6 Data Collection Rules for Your Future Perfect Machine Learning Dataset
Modern companies produce gigantic amounts of data. Later it becomes a part of their machine learning datasets. Those are further used to build models that aim to solve various problems business may face, and make it more profitable, customer-oriented and, of course, data-driven. Machine Learning depends heavily on data, that makes algorithm training possible. Regardless of the amount of information and data science expertise we have, machine learning may be useless or even harmful with poor data collection process in place.
The thing is, the perfect dataset probably doesn’t exist. However, there is a number of things businesses can secure in order to get the best results from their future data science and machine learning initiatives.
What business should do to establish the right data collection mechanism:
1. Ensure the data has no gaps
Of course, it is hard to know in advance, what kind of data will be helpful in future. However, it may turn out really hard to build a model if certain variables are missing. Ideally, every company should have a data strategy in place long before they start collecting any data. This may help avoid collecting unnecessary data. If you still don’t have a data strategy, it is highly recommended to collect complete data. It may turn out to be cheaper to pay for additional data storage rather than for the whole team to wait for necessary data to be collected. In case some data points were not gathered, it won’t be possible to restore them.
2. Keep your raw data raw
With today’s low storage costs companies can stop worrying about compressing their data and start worrying about making sure they can fully understand their data.
Keeping the data raw has a lot of advantages. Raw data keeps data analysis fast and secure. Companies go through so much trouble collecting data, that it is completely illogical to start throwing away parts of it. Pre-processing data without knowing exactly how it would be further used is more of the relic of the past when data storage costs were enormous.
Let’s imagine, you collect raw data and at some point you decide that it takes up too much space. You have an idea that only nouns will be useful for future analysis, so you filter all your data and keep just nouns saving space on your hard drive and maybe time spent on data pre-processing.
This approach is wrong in all the possible ways. You can never know what kind of data may be useful, this is not always obvious. There is no guarantee that everything was done right during pre-processing stage. It should always be possible to repeat data processing on the original data.
Anyway, there is no need in trying to predict, what form of data will be convenient for data analysts and machine learning engineers to use in future. It is better to spend one or two weeks on writing necessary transformations rather than to find out that something is irrevocably missing or all the data structures need to be transformed, since someone thought that the work would be done differently.
3. Foresee and document all the possible missing values and outliers in your data
During exploratory data analysis phase data scientists often spend a lot of time trying to understand why some data sets have missing values. For instance, some data margins can be optional, they also might be a result of developers’ mistakes, network malfunctions, and any other system failures. Of course, it is hard to foresee all the variants, but in case you know the reason of such happenings it is better to document it for future users. Understanding the nature of such missing values and outliers helps to work with the data faster and more effectively in future.

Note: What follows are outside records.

//! Why the markings of a document aren't accepted, and why a path has no site.
ghost use Rattle.std.specs.Prelude.{◌≡◌};
ghost use Rattle.marking.specs.declared.fault.MarkingFault.TheVariants.{NoMemory};
ghost use Rattle.marking.specs.declared.fault.SiteFault.TheVariants as site;

use iodef_tree::Path;
use std::alloc::{AllocError, AllocFailed};
use thiserror::Error;

/// Why the markings of a document aren't accepted.
#[derive(Debug, Drop, Error)]
pub enum MarkingFault {
    /// The class at this path is the first, in stored order, that breaks the marking rule. Its `restriction` is none
    /// of the ten texts (RFC 7970 section 3.3.1), or is `ext-value` without an `ext-restriction`. Or its
    /// `ext-restriction` is no text, or has no `restriction` beside it.
    #[error("a class breaks the marking rule")]
    BadMarking(Path),
    /// Memory ran out.
    #[error("no memory")]
    NoMemory,
}

/// Why a path has no site.
#[derive(Clone, Copy, Debug, Error)]
pub enum SiteFault {
    /// The path is neither that of a class nor the root's.
    #[error("there is no class at the path")]
    NoClass,
    /// Memory ran out.
    #[error("no memory")]
    NoMemory,
}

impl From<AllocError> for MarkingFault {
    ghost from_gives = { λ _ fault. fault ≡ NoMemory };

    fn from(_refused: AllocError) -> MarkingFault {
        MarkingFault::NoMemory
    }
}

impl<T: Drop> From<AllocFailed<T>> for MarkingFault {
    ghost from_gives = { λ _ fault. fault ≡ NoMemory };

    fn from(_refused: AllocFailed<T>) -> MarkingFault {
        MarkingFault::NoMemory
    }
}

impl From<AllocError> for SiteFault {
    ghost from_gives = { λ _ fault. fault ≡ site.NoMemory };

    fn from(_refused: AllocError) -> SiteFault {
        SiteFault::NoMemory
    }
}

4. Changelogs and data structures versioning
Every application, website, and platform expands and transforms. This causes changes in user-data storage structure. Some margins are added, others go out of date or are modified. It is important to keep the up-to-date logs with all the descriptions of data structure changes, as well as save all the previous documents’ versions. This will save data engineers and analysts a lot of time in future.
5. Ensure the data points can’t get lost
Unfortunately, anything can happen while we work with the network. Lost connection can result in data loss. This is why it is better to foresee a failover mechanism in your data collection and analytics pipeline. Or you can also push data to message queue with sufficient time-to-live. This way, even if network problems happen, the data won’t get lost.
6. Hire a data officer
There should be a person in every company who knows everything about its data. This is especially important for fast-growing companies that actively attract new users and add new services and features. Such companies generate a lot of autonomous teams that work with different types of data, as a result general perception of company’s data gets lost. This may result in a situation when a team starts working on a new project without knowing that somewhere in the company there is data that may help them better solve their task. For instance, a team starts working on a project to identify fraudulent transactions and doesn’t know that some other team has already collected the data about IP addresses of their users, which might turn out to be very useful. Data officer position has also become extremely popular after GDPR came into force in EU on May 25, 2018.
Of course, it is also important to remember about certain basic things that sometimes are underestimated and forgotten about during data collection. For instance, foreign keys are often missing in data, which makes it hard to merge different entities. Or sometimes it is easy to forget to mention user’s time zone while logging his activity. All of this small gaps and flaws in data may lead to some serious inaccuracies in final results of data analysis. But if you try and follow at least some of the data collection rules we’ve discussed, you’ll make the life of your future data science team a lot easier and your projects more successful.